Private Equity Slows Sharply in Q2 2025 as Tariff Uncertainty Bites
- Editor
- Aug 13
- 2 min read
What’s New
Global private equity dealmaking plunged in Q2 2025, with total announced investment dropping to $363.7B across 3,769 deals, the lowest volume since Q3 2020, according to KPMG’s Pulse of Private Equity Q2’25. The slowdown was most pronounced in Asia and the Americas, as investors delayed deals pending clarity on U.S. tariff policies — despite blockbuster U.S. transactions like Blackstone’s $11.5B TXNM Energy buyout.
Why It Matters
The sharp contraction underscores how geopolitical tensions and trade uncertainty can freeze even deep-pocketed investors.
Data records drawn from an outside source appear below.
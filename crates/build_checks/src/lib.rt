//! The checks of one build: which module is next, what its imports show as numbers, whether a check of it is kept, and
//! the check where none is, which can be made apart.
//!
//! It stands on `build_sources` for what was handed out, on `worker_pool` for the check of one module as a job takes it
//! along, on `build_plan` for the order, on `check_cache` for kept checks and on `iface_key` for the numbers of keys. It
//! knows one build and the kept checks, no messages and nothing of an order of events: when a check is made, and by whom,
//! is its caller's. Begin with `specs/Kept.antt`, which says what a kept check is of, `specs/Work.antt`, which says what a
//! check that is made apart is of, and `specs/Stand.antt`, which says how far a build is; then `checks.rt`.
#![tactic(auto)]

mod begin;
mod checks;
mod fact;
mod imports;
mod known;
mod look;
mod work;

pub use checks::Checks;
pub use fact::{fact_of, key_of_import};
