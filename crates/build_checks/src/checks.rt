ghost use Rattle.std.specs.Prelude.{◌≡◌, ◌<◌, ◌≤◌, ◌++◌, ◌∷◌, [], ℕ, List, length, IfSome, IfNone, OnOk, OnErr, Contains};
ghost use Rattle.std.specs.List.{slice_set};
ghost use Rattle.oberon_types.specs.Memory.{plain_view};
ghost use Rattle.build_rules.specs.Views.{HasView};
ghost use Rattle.build_rules.specs.World.{IsCyclic};
ghost use Rattle.build_checks.specs.Kept.{Extends};
ghost use Rattle.build_checks.specs.Numbers.{AreNumbersOf};
ghost use Rattle.build_checks.specs.Stand.{AreChecks, CanBeTaken, IsNext, left_of, modules_of, settled_of, taken_of, world_of};

use build_plan::Plan;
use build_sources::Sources;
use iface_key::{Keys, key_of};
use indexmap::IndexSet;
use ob_text::NoMemory;
use oberon_types::View;
use std::alloc::Global;

/// The checks of one build, as far as they are.
pub struct Checks {
    pub(crate) alloc: Global,
    pub(crate) sources: Sources,
    /// The modules of the build.
    pub(crate) wanted: IndexSet<u32>,
    pub(crate) plan: Plan,
    /// For each module of the workspace, what it shows as far as that is known.
    pub(crate) views: Vec<View>,
    /// The number of the key of that.
    pub(crate) numbers: Vec<u64>,
    /// The number of the key of what Out shows.
    pub(crate) out: u64,
    /// The number of the key of what a name shows that means no module.
    pub(crate) missing: u64,
}

impl Drop for Checks {
    fn drop(self) {
        let Self {
            alloc: _,
            sources: _,
            wanted: _,
            plan: _,
            views: _,
            numbers: _,
            out: _,
            missing: _,
        } = self;
    }
}

impl Checks {
    /// Takes the least module of the build whose imports are settled or on a cycle. Takes no memory.
    pub fn next(&mut self) -> Option<u32>
        requires { AreChecks self.old }
        ensures checks { AreChecks self.new }
        ensures world { world_of self.new ≡ world_of self.old }
        ensures modules { modules_of self.new ≡ modules_of self.old }
        ensures settled { settled_of self.new ≡ settled_of self.old }
        ensures numbers { (keys : List (List ℕ)) → AreNumbersOf keys self.old → AreNumbersOf keys self.new }
        ensures stays { (keys : List (List ℕ)) → AreNumbersOf keys self.new → AreNumbersOf keys self.old }
        ensures next { IfSome result (IsNext self.old) }
        ensures taken { IfSome result (λ p. taken_of self.new ≡ taken_of self.old ++ p ∷ []) }
        ensures left { left_of self.new ≤ left_of self.old }
        ensures less { IfSome result (λ _. left_of self.new < left_of self.old) }
        ensures none { IfNone result ((p : ℕ) → ¬ (CanBeTaken self.old p)) }
        ensures unchanged { IfNone result (taken_of self.new ≡ taken_of self.old) }
        // The checks get through: where no module can be taken, and all that were taken are settled, all are.
        ensures through { IfNone result (((p : ℕ) → Contains (taken_of self.old) p → Contains (settled_of self.old) p)
            → (p : ℕ) → Contains (modules_of self.old) p → Contains (settled_of self.old) p) }
    {
        'places: while let Some(module) = self.plan.ready() {
            if self.wanted.contains(&module) {
                return Some(module);
            }
            self.plan.finish(module);
        }
        None
    }

    /// Keeps the view of a module that was taken, so that no module waits for it any more. The view of a module on a cycle
    /// stays as it is.
    pub fn settle(&mut self, index: u32, view: &View, keys: &mut Keys) -> Result<(), NoMemory>
        requires checks { AreChecks self.old }
        requires taken { Contains (taken_of self.old) index }
        requires unsettled { ¬ (Contains (settled_of self.old) index) }
        ensures checks { AreChecks self.new }
        ensures world { world_of self.new ≡ world_of self.old }
        ensures modules { modules_of self.new ≡ modules_of self.old }
        ensures taken { taken_of self.new ≡ taken_of self.old }
        ensures left { left_of self.new ≡ left_of self.old }
        ensures settled { OnOk result (settled_of self.new ≡ settled_of self.old ++ index ∷ []) }
        ensures numbers { OnOk result ((¬ (IsCyclic (world_of self.old) index) → HasView (world_of self.old) index (plain_view view.now))
            → AreNumbersOf keys.old self.old → AreNumbersOf keys.new self.new) }
        // What was settled before keeps its view and its number.
        ensures stays { OnOk result ((keys : List (List ℕ)) → AreNumbersOf keys self.new → AreNumbersOf keys self.old) }
        ensures earlier { Extends keys.old keys.new }
        ensures unchanged { OnErr result (self.new ≡ self.old) }
    {
        if self.plan.on_cycle(index) {
            self.plan.finish(index);
            return Ok(());
        }
        let own = view.copy()?;
        let number = keys.intern(key_of(self.alloc, view)?)?;
        put(index, own, number, &mut self.views, &mut self.numbers);
        self.plan.finish(index);
        Ok(())
    }
}

/// Puts a view and the number of its key at an index.
fn put(index: u32, view: View, number: u64, views: &mut Vec<View>, numbers: &mut Vec<u64>)
    requires viewed { index < length views.old.items }
    requires numbered { index < length numbers.old.items }
    ensures views { views.new.items ≡ slice_set views.old.items index view }
    ensures numbers { numbers.new.items ≡ slice_set numbers.old.items index number }
{
    views[index as usize] = view;
    numbers[index as usize] = number;
}
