ghost use Rattle.std.specs.Prelude.{◌≡◌, ℕ, List, IfOk, IfSome, Contains};
ghost use Rattle.check_cache.specs.Facts.{names_of};
ghost use Rattle.oberon_module.specs.Reading.{IsRead};
ghost use Rattle.target_graph.specs.Workspace.{stem_at};
ghost use Rattle.worker_pool.specs.Jobs.{plain_check};
ghost use Rattle.build_rules.specs.World.{held_in};
ghost use Rattle.build_sources.specs.Documents.{AreImportsOf};
ghost use Rattle.build_checks.specs.Kept.{AreNumbered, IsKept};
ghost use Rattle.build_checks.specs.Numbers.{AreNumbersOf};
ghost use Rattle.build_checks.specs.Stand.{AreChecks, IsClear, modules_of, settled_of, world_of};
ghost use Rattle.build_checks.specs.Work.{IsWorkOf};

use crate::checks::Checks;
use crate::fact::fact_of;
use build_sources::Document;
use check_cache::Fact;
use ob_text::{Held, Name, NoMemory};
use oberon_module::Reading;
use std::sync::Arc;
use worker_pool::Check;

impl Checks {
    /// What is held at a module's path, to be shared.
    pub fn held(&self, index: u32) -> Result<Arc<Held>, NoMemory>
        requires checks { AreChecks self.now }
        requires among { Contains (modules_of self.now) index }
        ensures { IfOk result (λ held. held.value ≡ held_in (world_of self.now) index) }
    {
        Ok(self.sources.document(index).held.clone()?)
    }

    /// The stem of a module's path.
    pub fn stem(&self, index: u32) -> Result<Name, NoMemory>
        requires checks { AreChecks self.now }
        requires among { Contains (modules_of self.now) index }
        ensures { IfOk result (λ stem. stem ≡ stem_at (world_of self.now).targets index) }
    {
        self.sources.stem(self.alloc, index)
    }

    /// The check of a module by what its imports show, to be made by whoever has it. It shares what is held and what was
    /// read, so no text is copied, and none is parsed again.
    pub fn work(&self, index: u32) -> Result<Check, NoMemory>
        requires checks { AreChecks self.now }
        requires among { Contains (modules_of self.now) index }
        requires clear { IsClear (world_of self.now) (settled_of self.now) index }
        ensures held { IfOk result (λ check. check.held ≡ held_in (world_of self.now) index) }
        ensures work { IfOk result (λ check. (keys : List (List ℕ)) → AreNumbersOf keys self.now → IsWorkOf (world_of self.now) index (plain_check check)) }
    {
        let views = self
            .sources
            .views(self.alloc, index, self.views.as_slice())?;
        let stem = self.sources.stem(self.alloc, index)?;
        let document = self.sources.document(index);
        let held = document.held.clone()?;
        let reading = reading_of(document)?;
        Ok(Check::new(held, reading, stem, views))
    }

    /// Checks a module by what its imports show, of which these are the names and numbers.
    pub fn check(&self, index: u32, imports: Vec<(Name, u64)>) -> Result<Fact, NoMemory>
        requires checks { AreChecks self.now }
        requires among { Contains (modules_of self.now) index }
        requires clear { IsClear (world_of self.now) (settled_of self.now) index }
        requires named { AreImportsOf (held_in (world_of self.now) index) (names_of imports.items) }
        ensures kept { IfOk result (λ fact. (keys : List (List ℕ)) → AreNumbersOf keys self.now → AreNumbered keys (world_of self.now) index imports.items → IsKept keys (world_of self.now) index fact) }
        ensures imports { IfOk result (λ fact. fact.imports ≡ imports.items) }
    {
        self.sources.are_apart();
        let check = self.work(index)?;
        let checked = check.run(self.alloc)?;
        fact_of(self.alloc, check, checked, imports)
    }
}

/// What was read of a document, shared once more.
fn reading_of(document: &Document) -> Result<Option<Arc<Reading>>, NoMemory>
    requires { IfSome document.now.reading (λ reading. IsRead document.now.held.value reading.value) }
    ensures { IfOk result (λ shared. IfSome shared (λ reading. IsRead document.now.held.value reading.value)) }
{
    match &document.reading {
        Some(reading) => Ok(Some(reading.clone()?)),
        None => Ok(None),
    }
}
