// Numbers written into bytes, low byte first, at an offset. A write that does not fit changes nothing, so no function asks anything of its caller.
#![tactic(auto)]

ghost use Rattle.std.specs.Prelude.{◌≡◌, cond, ◌+◌, ◌≤◌, length, eqb, leb};
ghost use Rattle.std.proofs.lemmas.List.Edits.{sets};
ghost use Rattle.field.specs.Field.{digits, stored};
ghost use Rattle.field.specs.Row.{row, total, stored_row, RowFits};

// The `width` low bytes of a number are written at an offset, if they fit there.
pub fn put(buffer: &mut [u8], at: usize, width: usize, v: u64)
    ensures { buffer.new ≡ stored width buffer.old at v }
{
    if buffer.len() < width || buffer.len() - width < at {
        return;
    }
    put_digits(&mut buffer[at..at + width], v);
}

fn put_digits(place: &mut [u8], v: u64)
    ensures { place.new ≡ digits (length place.old) v }
{
    let mut rest = v;
    // By its index, which the edit `bytes_over_each_other` needs to write all bytes in one place.
    for i in 0..place.len() {
        place[i] = (rest % 256) as u8;
        rest /= 256;
    }
}

// Bytes are written at an offset, if they fit there.
pub fn put_bytes<const N: usize>(buffer: &mut [u8], at: usize, bytes: &[u8; N])
    ensures { buffer.new ≡ cond (leb (at + N) (length buffer.old)) (sets buffer.old at bytes.now) buffer.old }
{
    if N <= buffer.len() && at <= buffer.len() - N {
        // One by one: `copy_from_slice` waits for an array whose parts were written just before (an event took a tenth longer).
        for i in 0..N {
            buffer[at + i] = bytes[i];
        }
    }
}

// Numbers are written one after the other at an offset, each in its own width, if they fit there. Widths and numbers are two slices, since the law
// of rows (`row`) is about two lists.
pub fn put_row(buffer: &mut [u8], at: usize, widths: &[u8], numbers: &[u32])
    ensures { buffer.new ≡ stored_row widths.now buffer.old at numbers.now }
{
    if numbers.len() < widths.len() {
        return;
    }
    if buffer.len() < at {
        return;
    }
    if !has_room(widths, buffer.len() - at) {
        return;
    }
    put_all(buffer, at, widths, numbers);
}

// Whether the widths take no more than `room` bytes.
fn has_room(widths: &[u8], room: usize) -> bool
    ensures { result ≡ leb (total widths.now) room }
{
    let mut left = room;
    for width in widths {
        let Some(less) = left.checked_sub(*width as usize) else {
            return false;
        };
        left = less;
    }
    true
}

fn put_all(buffer: &mut [u8], at: usize, widths: &[u8], numbers: &[u32])
    requires { RowFits widths.now buffer.old at numbers.now }
    ensures { buffer.new ≡ sets buffer.old at (row widths.now numbers.now) }
{
    let mut to = at;
    for (width, v) in widths.iter().zip(numbers) {
        let end = to + *width as usize;
        put_digits(&mut buffer[to..end], *v as u64);
        to = end;
    }
}

// A buffer becomes the copy of one that has its length; any other is left as it was.
pub fn copy(buffer: &mut [u8], source: &[u8])
    ensures { buffer.new ≡ cond (eqb (length buffer.old) (length source.now)) source.now buffer.old }
{
    if buffer.len() == source.len() {
        // One by one: `copy_from_slice` makes the static library ask its host for `memmove`.
        for i in 0..source.len() {
            buffer[i] = source[i];
        }
    }
}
With trillions in dry powder still available, the pause is more about timing and risk mitigation than lack of capital — setting the stage for a potential rebound if macro headwinds ease.
Big Picture Drivers
Trade Uncertainty: U.S. tariff policy shifts drove a wait-and-see approach, especially for cross-border deals.
Regional Focus: PE firms favored domestic and regional assets over global plays to mitigate supply chain and tariff risks.
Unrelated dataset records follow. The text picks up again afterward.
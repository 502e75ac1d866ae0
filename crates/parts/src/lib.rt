// What an event is to the table of open operations.

#![tactic(auto)]

ghost use Rattle.std.specs.Prelude.{◌≡◌, ◌<◌};
ghost use Rattle.parts.specs.Parts.{bytes, blank, load_part, store_part, operation_part, reduction_tag, groups_in, committed, wait_part, part_of};

use event::{Address, ElementType, Event, GlobalAddress, Operation, SharedAddress, bytes_read};
use operations::{CHAIN_PLACE, Chain, Memory, OPERATION_PLACE, Range, Record, TYPE_PLACE, Wait};

// How many groups each chain has made: that of the non-bulk copies, and the bulk one.
#[derive(Clone, Copy)]
pub struct GroupsMade {
    pub copies: u32,
    pub bulk: u32,
}

#[derive(Clone, Copy)]
pub enum Part {
    // A load or a store.
    Access(Record),
    Operation(Record),
    // These two with the groups made after them.
    Commit(GroupsMade),
    Wait(GroupsMade, Wait),
}

impl GroupsMade {
    fn of(self, chain: Chain) -> u32
        ensures { result ≡ groups_in chain self }
    {
        match chain {
            Chain::Copies => self.copies,
            Chain::Bulk => self.bulk,
        }
    }

    // With one group more of the chain.
    fn commit(self, chain: Chain) -> GroupsMade
        requires { groups_in chain self < 4294967295 }
        ensures { result ≡ committed chain self }
    {
        match chain {
            Chain::Copies => GroupsMade {
                copies: self.copies + 1,
                ..self
            },
            Chain::Bulk => GroupsMade {
                bulk: self.bulk + 1,
                ..self
            },
        }
    }

    // A wait on the chain that leaves so many of its newest groups open. It makes none.
    fn wait(self, chain: Chain, newest: u32) -> Part
        ensures { result ≡ wait_part chain self newest }
    {
        let wait = Wait {
            chain: u32::from(chain),
            commits: self.of(chain),
            newest,
        };
        Part::Wait(self, wait)
    }
}

// The parts of a tag, as crate `operations` reads them, are digits of base 16: the memory that is written, the chain that
// closes the operation. A tag is a number: see `Record`. `as`, since a constant's value may not call `u32::from` ..
const COPY_TAG: u32 = Memory::Shared as u32 + CHAIN_PLACE * (Chain::Copies as u32);

const BULK_TAG: u32 = Memory::Global as u32 + CHAIN_PLACE * (Chain::Bulk as u32);

// .. and, of a reduction, its operation, from 1 on, and its type. Not inlined: within the walk over a file the bytes of both
// were taken out of every event, reduction or not.
#[inline(never)]
fn reduction_tag(operation: Operation, element: ElementType) -> u32
    ensures { result ≡ reduction_tag operation element }
{
    BULK_TAG + OPERATION_PLACE * (1 + u32::from(operation)) + TYPE_PLACE * u32::from(element)
}

// What event `number` is, before which the chains have made these groups.
pub fn part_of(number: u32, made: GroupsMade, event: Event) -> Part
    requires { (made.copies < 4294967295) × (made.bulk < 4294967295) }
    ensures { result ≡ part_of number made event }
{
    match event {
        Event::Load { address, size } => load(number, address, size),
        Event::Store { address, size, .. } => store(number, address, size),
        Event::Copy {
            dst,
            src,
            cp_size,
            mode,
            ..
        } => Part::Operation(Record {
            writes: Range::new(dst.0, cp_size),
            reads: Range::new(src.0, bytes_read(mode, cp_size)),
            ..blank(number, made.copies, COPY_TAG)
        }),
        Event::Commit => Part::Commit(made.commit(Chain::Copies)),
        Event::Wait(newest) => made.wait(Chain::Copies, newest),
        Event::WaitAll => made.commit(Chain::Copies).wait(Chain::Copies, 0),
        Event::BulkCopy { dst, src, size } => {
            bulk(blank(number, made.bulk, BULK_TAG), dst, src, size)
        }
        Event::BulkReduction {
            dst,
            src,
            size,
            operation,
            element,
        } => {
            let tag = reduction_tag(operation, element);
            bulk(blank(number, made.bulk, tag), dst, src, size)
        }
        Event::BulkCommit => Part::Commit(made.commit(Chain::Bulk)),
        Event::BulkWait(newest) => made.wait(Chain::Bulk, newest),
    }
}

// The record of an event that touches no byte, before which its chain has made so many groups. What it does touch is put in.
fn blank(event: u32, commits: u32, tag: u32) -> Record
    ensures { result ≡ blank event commits tag }
{
    Record {
        writes: Range::new(0, 0),
        reads: Range::new(0, 0),
        event,
        commits,
        tag,
    }
}

// A load from global memory writes nothing and has the tag of a copy, which reads there too; the others have theirs
// likewise. No wait closes an access of the thread.
fn load(number: u32, address: Address, size: u32) -> Part
    ensures { result ≡ load_part number address size }
{
    let (start, tag) = match address {
        Address::Global(at) => (at.0, COPY_TAG),
        Address::Shared(at) => (at.0, BULK_TAG),
    };
    Part::Access(Record {
        reads: Range::new(start, size),
        ..blank(number, 0, tag)
    })
}

// No twin of a load: it touches on the other side, and its tags go crosswise.
fn store(number: u32, address: Address, size: u32) -> Part
    ensures { result ≡ store_part number address size }
{
    let (start, tag) = match address {
        Address::Global(at) => (at.0, BULK_TAG),
        Address::Shared(at) => (at.0, COPY_TAG),
    };
    Part::Access(Record {
        writes: Range::new(start, size),
        ..blank(number, 0, tag)
    })
}

// A bulk operation, from a record that touches no byte yet.
fn bulk(operation: Record, dst: GlobalAddress, src: SharedAddress, size: u32) -> Part
    ensures { result ≡ operation_part operation.event operation.commits (bytes dst.0 size) (bytes src.0 size) operation.tag }
{
    Part::Operation(Record {
        writes: Range::new(dst.0, size),
        reads: Range::new(src.0, size),
        ..operation
    })
}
Sector Resilience: Energy, infrastructure, healthcare, and AI-related infrastructure continued to attract strong interest.
Exit Momentum: Global PE exit value hit $501.9B midyear, on pace for the best year since 2021, driven by large IPOs and acquisitions.
Capital Overhang: Significant dry powder remains, but deal committees are raising the bar for approvals.
By The Numbers
$363.7B — Global PE investment in Q2’25, down from $505.3B in Q1’25.
3,769 — Number of global PE deals, lowest since Q3 2020.
$214B — PE investment in the Americas, 59% of global total.
$501.9B — Global PE exit value at midyear, highest pace since 2021.
$9.9B — Brookfield’s planned AI data center investment in Sweden.
Key Trends to Watch
Tariff Clarity Boost: Any resolution in U.S. trade negotiations could unlock pent-up deal activity in H2 2025.
Dual-Track Exits Rising: Improving U.S. IPO conditions may spur more IPO-plus-private-sale strategies.
AI Infrastructure Rush: Data centers and energy generation for AI workloads are emerging as top investment themes.
Continuation Vehicle Scrutiny: LP pushback could force more traditional exits and faster portfolio rotations.
The Wrap
Private equity is in a holding pattern — not from lack of funds, but from a deliberate recalibration of risk in an unsettled trade environment. With strong exit values, resilient sectors, and massive capital reserves, the industry is poised for acceleration once macro fog lifts.